選手村でeパレットが事故。原因は「人間が運転操作したから」か?

自動運転小型バスとしてオリンピック選手村で運行されていた『eパレット』が歩行者(日本人柔道選手)と事故を起こした。第一報は横断歩道を渡ろうとしていた歩行者と接触して転倒したとのこと。我が国に於ける自動運転初めての事故なので、キチンとした情報を出さなければ面白おかしく取り上げられ、自動運転の将来に影響を与えます。早くも悪意100%の罵詈雑言が書かれている

元経産官僚である古賀茂明某によれば「こんな後進企業の自動運転を使ったのが信じられない。トヨタは電気自動車さえ満足に作れない。豊田章男社長はタレント気取りでテレビに出てはしゃぐのは止めて真面目に仕事をすべきだ」。笑える! 電気自動車が技術的に難しいと考えているらしい。官僚ってもう少し知見あると思ってました。今回も技術レベルが低くて事故になったということ?

事故の大雑把な状況も解ってきた。横断歩道に交通誘導する警備員が居たという。eパレットは手前で警備員を感知。一旦止まったものの、監視&管理者(後述)が発進ボタンを押したため走り出し、直後に横断歩道を渡ってきた北薗選手と接触したという。監視&管理者、警備員は、走り始めたeパレットを見て歩行者が止まると考えたらしい。だとすれば単なるヒューマンミスです。

ちなみにeパレットは周囲を探知するため、5つのライダー(走査型赤外線レーザー)を使っている。前後だけでなく側方も含め360度探知しており、周囲に歩行者が居たら止まります。なぜ接触したのかといえば、可能性として考えられるのは1つだけ。手動操作で走り始めた直後の車両側面に、自分から歩み寄ったようなケースだ。今回事故に遭われたのは全盲の選手だったという。

走り始めたeパレットに気がつかず進めば接触します。こういったケース、実社会でも十分考えられる。eパレットを取材した際「走行中の車両に横から当たりに行ったらどうなりますか?」と聞いた。その時の私の想定は「いたずら」です。競技終わった選手がアルコール飲んで開放感に浸り、サイドアタックに代表される安全テストなどしてくるんじゃないかと想像したのだった。

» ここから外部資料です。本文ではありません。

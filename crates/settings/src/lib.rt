// A session's settings, the thresholds worked out from them, and the numbers of the refusals.
#![tactic(auto)]

mod refusal;

ghost use Rattle.std.specs.Prelude.{◌≡◌};
ghost use Rattle.settings.specs.Settings.{largest_ta, named_ta};
ghost use Rattle.settings.specs.Check.{check_settings};
ghost use Rattle.settings.specs.Settings.{quorum, repeat, vote_quorum, relay, accept};
ghost use Rattle.settings.specs.Versions.{version_known, finishing, turn_bound};

// u8 fields: no threshold can wrap, so none has a `requires`. `whole` is the sum of the weights, which are one word.
#[derive(Clone, Copy)]
pub struct Settings {
    pub n: u8,
    pub ta: u8,
    pub ts: u8,
    pub whole: u8,
    pub weights: u64,
}

pub use refusal::Refusal;

// The versions of a session: 1, and 2, in which votes wind up early.
pub const FIRST_VERSION: u64 = 1;

pub const FINISH_VERSION: u64 = 2;

pub fn version_known(version: u64) -> bool
    ensures { result ≡ version_known version }
{
    (FIRST_VERSION <= version) & (version <= FINISH_VERSION)
}

// Whether the sessions of a version have FINISHes.
pub fn finishing(version: u64) -> bool
    ensures { result ≡ finishing version }
{
    version == FINISH_VERSION
}

// The largest ta that the rules allow where the weights sum up to `whole`: the smaller of ts and whole − 1 − 2·ts. 0 where they
// allow none.
fn largest_ta(whole: u64, ts: u64) -> u64
    ensures { result ≡ largest_ta whole ts }
{
    // 2·ts could wrap.
    let room = whole
        .saturating_sub(1)
        .saturating_sub(ts)
        .saturating_sub(ts);
    ts.min(room)
}

impl Settings {
    // The most concentrators of a session.
    pub const MAX_CONCENTRATORS: u64 = 16;
    // The last round of a vote.
    pub const ROUND_LIMIT: u8 = 32;
    // The round of a vote that has moved out of the last.
    pub const MOVED_OUT_ROUND: u8 = 33;
    // The ta that leaves it unnamed.
    pub const UNNAMED: u64 = 255;

    // The ta that is meant by the one given: the largest that the rules allow, where none is named.
    pub fn named_ta(n: u8, ta: u64, ts: u64, weights: u64) -> u64
        ensures { result ≡ named_ta n ta ts weights }
    {
        if ta == Settings::UNNAMED {
            largest_ta(quorum::whole(weights, n), ts)
        } else {
            ta
        }
    }

    // The settings that an opening names.
    pub fn check_named(n: u64, ta: u64, ts: u64, weights: u64) -> Option<Settings>
        ensures { result ≡ check_settings n (named_ta n ta ts weights) ts weights }
    {
        if Settings::MAX_CONCENTRATORS < n {
            return None;
        }
        let meant = Settings::named_ta(n as u8, ta, ts, weights);
        Settings::check(n, meant, ts, weights)
    }

    // The settings of any numbers and weights, ta taken as it is.
    pub fn check(n: u64, ta: u64, ts: u64, weights: u64) -> Option<Settings>
        ensures { result ≡ check_settings n ta ts weights }
    {
        if n < 1 {
            return None;
        }
        if Settings::MAX_CONCENTRATORS < n {
            return None;
        }
        let m = n as u8;
        if !quorum::weights_right(weights, m) {
            return None;
        }
        if ts < ta {
            return None;
        }
        let w = quorum::whole(weights, m);
        // Follows from the last test, which could wrap without it.
        if w <= ts {
            return None;
        }
        if w <= 2 * ts + ta {
            return None;
        }
        Some(Settings {
            n: m,
            ta: ta as u8,
            ts: ts as u8,
            whole: w as u8,
            weights,
        })
    }

    // W − ts, W being the sum of the weights: broadcasts and commits.
    pub fn quorum(self) -> u64
        ensures { result ≡ quorum self }
    {
        u64::from(self.whole.saturating_sub(self.ts))
    }

    // ts + 1: a READY or a COMMIT that is repeated.
    pub fn repeat(self) -> u64
        ensures { result ≡ repeat self }
    {
        self.ts as u64 + 1
    }

    // W − ta, W being the sum of the weights: a move, and the votes decided 1 that a start with 0 and exits 2 and 3 ask for.
    pub fn vote_quorum(self) -> u64
        ensures { result ≡ vote_quorum self }
    {
        u64::from(self.whole.saturating_sub(self.ta))
    }

    // ta + 1: an EST that is relayed, a FINISH that is repeated.
    pub fn relay(self) -> u64
        ensures { result ≡ relay self }
    {
        self.ta as u64 + 1
    }

    // 2·ta + 1: a value accepted in a round, or decided by FINISHes.
    pub fn accept(self) -> u64
        ensures { result ≡ accept self }
    {
        2 * self.ta as u64 + 1
    }

    // 99·n + 3: the turns of a session that are not idle; with FINISHes 100·n + 3.
    pub fn turn_bound(self, version: u64) -> u64
        ensures { result ≡ turn_bound version self }
    {
        if finishing(version) {
            return 100 * self.n as u64 + 3;
        }
        99 * self.n as u64 + 3
    }
}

自動運転で難しい技術の1つは歩行者の側面接触だと何度も書いてきた。子供なら遊んでいて車道に飛び出すし、イタズラする輩だって簡単にイメージできる。開発担当者の答えは「自動運転の大きな課題になっています。まだ解決策はありません」。開発チームも解っていたろう。取材時も「走行中のeパレットに絶対近づかないでください」。

安全対策として無人自動運転のプライドを諦め、瞬時に緊急停止出来るスイッチを作り、監視&管理者を全ての車両に乗せていた。開発チームも緊急停止対応出来る人が乗っていないと100%の安全は担保出来ないと考えていたということ。私は今回の事故に接し思案が足りなかったと深く反省します。全盲の方のことを考えていませんでした。暗騒音の大きい都市部だと、走行音聞こえない。

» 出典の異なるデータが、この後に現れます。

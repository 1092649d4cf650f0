// Delivery lists: records on standard input to drill lines on standard output (`to-drill`), or lines to records (`to-csv`).
#![tactic(auto)]

ghost use Rattle.std.specs.Prelude.{◌≡◌, ◌+◌, ◌*◌, ◌<◌, ◌≤◌, length, IfOk, IfSome};
ghost use Rattle.delivery_lists.specs.laws.Bounds.{Bounded};

use delivery_csv::{Direction, Stop, ToCsv, ToDrill};
use std::io::{self, Error, Read, Write};
use std::{env, fmt};

// What the only argument names.
#[derive(Clone, Copy, Debug, PartialEq, Eq)]
enum Task {
    ToDrill,
    ToCsv,
}

// What is kept from read to read.
#[derive(Clone, Copy)]
struct State {
    // How many bytes at the front of the input's buffer are not converted yet.
    held: usize,
    // How many records or lines are converted.
    count: u64,
}

// Why a run ends before its input.
#[derive(Drop)]
enum Failure {
    Read(Error),
    Write(Error),
    // The number of the first record or line that is not taken.
    Refused(u64),
}

// The line of a refusal. Neither the drill nor this program takes it: its only field is too long.
#[derive(Clone, Copy)]
struct Refusal<'a> {
    kind: &'a str,
    number: u64,
}

impl<'a> fmt::Display for Refusal<'a> {
    fn fmt<W: fmt::Write>(&self, f: &mut fmt::Formatter<W>) -> fmt::Result {
        write!(
            f,
            "13 RECORD: {} {} is not taken: a broken quote",
            self.kind, self.number
        )?;
        write!(
            f,
            " or a tab or CR or LF in a field or a field over 64 bytes or more than 16 fields"
        )
    }
}

// What 65,536 bytes are converted to is at most three times as long, and 3 bytes.
fn room() -> [u8; 200000]
    ensures { 200000 ≡ length result }
{
    [0; 200000]
}

// Writes all bytes.
fn write(rt: &HostRuntime, bytes: &[u8]) -> Result<(), Failure> {
    rt.stdout().write_all(bytes).map_err(Failure::Write)
}

// Reads once.
fn read<R: Read>(from: &mut R, input: &mut [u8]) -> Result<usize, Failure>
    ensures { IfOk result (λ n. n ≤ length input.new) }
{
    from.read(input).map_err(Failure::Read)
}

// Writes the text of what stands before a record or line that is not taken, and refuses that one.
fn refuse(rt: &HostRuntime, s: State, stop: Stop, out: &[u8]) -> Failure
    requires { Bounded stop (length out.now) }
{
    match stop {
        Stop::Short => unreachable!(),
        Stop::Refused { written, count } => match write(rt, &out[..written]) {
            Ok(()) => Failure::Refused(s.count.wrapping_add(count).wrapping_add(1)),
            Err(failure) => failure,
        },
    }
}

// The input is over: converts its rest.
fn finish<D: Direction>(
    rt: &HostRuntime,
    s: State,
    input: &[u8],
    out: &mut [u8],
) -> Result<(), Failure>
    requires { (s.held ≤ length input.now) × (3 * length input.now + 3 ≤ length out.old) }
{
    match delivery_csv::convert_rest::<D>(&input[..s.held], out) {
        Ok(written) => write(rt, &out[..written]),
        Err(stop) => Err(refuse(rt, s, stop, out)),
    }
}

// There are n bytes: converts what is ended of them, and keeps the rest.
fn convert_some<D: Direction>(
    rt: &HostRuntime,
    s: State,
    n: usize,
    input: &mut [u8],
    out: &mut [u8],
) -> Result<State, Failure>
    requires { (n ≤ length input.old) × (3 * length input.old + 3 ≤ length out.old) }
    ensures { IfOk result (λ s. s.held < 4096) }
{
    match delivery_csv::convert_ended::<D>(&input[..n], out) {
        Ok(x) => {
            write(rt, &out[..x.written])?;
            input.copy_within(x.length..n, 0);
            Ok(State {
                held: n - x.length,
                count: s.count.wrapping_add(x.count),
            })
        }
        Err(stop) => Err(refuse(rt, s, stop, out)),
    }
}

// Reads once, behind the bytes that are held, and converts. There is room for a byte, so that a read of none is the end.
fn advance<D: Direction, R: Read>(
    rt: &HostRuntime,
    from: &mut R,
    s: State,
    input: &mut [u8],
    out: &mut [u8],
) -> Result<Option<State>, Failure>
    requires { (s.held < length input.old) × (3 * length input.old + 3 ≤ length out.old) }
    ensures { IfOk result (λ o. IfSome o (λ s. s.held < 4096)) }
{
    let held = s.held;
    let got = read(from, &mut input[held..])?;
    if got == 0 {
        finish::<D>(rt, s, input, out)?;
        return Ok(None);
    }
    Ok(Some(convert_some::<D>(rt, s, held + got, input, out)?))
}

// A proved loop has to end, and nothing says that an input does. So the loop counts its turns, up to a number that no run uses up.
fn convert<D: Direction, R: Read>(
    rt: &HostRuntime,
    from: &mut R,
    input: &mut [u8],
    out: &mut [u8],
) -> Result<(), Failure>
    requires { (4096 ≤ length input.old) × (3 * length input.old + 3 ≤ length out.old) }
{
    let mut s = State { held: 0, count: 0 };
    for _ in 0..u64::MAX {
        match advance::<D, R>(rt, from, s, input, out)? {
            Some(next) => s = next,
            None => return Ok(()),
        }
    }
    Ok(())
}

// Says what failed and why, as far as standard error takes it; a refusal goes to both outputs.
fn report(rt: &HostRuntime, kind: &str, failure: Failure) {
    let _ = match failure {
        Failure::Read(error) => eprintln!(rt; "read: {error}"),
        Failure::Write(error) => eprintln!(rt; "write: {error}"),
        Failure::Refused(number) => {
            let refusal = Refusal { kind, number };
            if let Err(error) = println!(rt; "{refusal}") {
                let _ = eprintln!(rt; "write: {error}");
            }
            eprintln!(rt; "{refusal}")
        }
    };
}

fn run<D: Direction>(rt: &HostRuntime, kind: &str) {
    let mut from = rt.reader();
    let mut input = [0u8; 65536];
    let mut out = room();
    if let Err(failure) = convert::<D, _>(rt, &mut from, &mut input, &mut out) {
        report(rt, kind, failure);
    }
}

// What the only argument names.
fn named_task(rt: &HostRuntime) -> io::Result<Option<Task>> {
    let mut arguments = env::args(rt)?;
    let _program = arguments.next();
    let name = arguments.next();
    if arguments.next().is_some() {
        return Ok(None);
    }
    match name {
        Some(word) => match word.as_str() {
            "to-drill" => Ok(Some(Task::ToDrill)),
            "to-csv" => Ok(Some(Task::ToCsv)),
            _ => Ok(None),
        },
        None => Ok(None),
    }
}

// An argument that is no text names no direction, either.
fn main(rt: HostRuntime) {
    match named_task(&rt) {
        Ok(Some(Task::ToDrill)) => run::<ToDrill>(&rt, "record"),
        Ok(Some(Task::ToCsv)) => run::<ToCsv>(&rt, "line"),
        _ => {
            let _ = eprintln!(rt; "usage: delivery_lists to-drill | to-csv");
        }
    }
}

一部メディアで「柔道選手は白杖を持っていなかった。止まると思った」と伝えている。誰がそういうことを理由にしようと考えたのか不明ながら(メディア側の忖度かもしれません)、自動運転技術としては事故原因にならない。パラリンピックの選手村だということを考えたらなおさらだ。そもそも走り始めたのは人間の操作で、その時点から自動運転じゃありませんから。

直ちに社長自ら状況説明してますね

さらに「なぜ監視&管理者は横断歩道に人がいたのに発進操作をしたのか」という検証も必要。可能性としては、安全を最優先しているためしょっちゅう自動停止しており、日常的に手動で発進操作をしていたのかもしれない。このあたりは状況を説明してくれないとヒューマンエラーに至った理由も解明出来ません。航空機事故はヒューマンエラーを防ぐ対策が重視される。

ちなみに最悪の事態を避ける対策もあった。最高速を19km/hに抑えていることです。いずれにしろ今回の事故をあやふやにせずしっかり情報を分析し、多くの人と一緒に自動運転技術の課題や教訓として考えていくべきだと思う。パラリンピックへの出場機会が失われてしまったという点に関して言えば、横断歩道に居た警備員の役割やサポート無しで外出したことなど総合的に考察すべきです。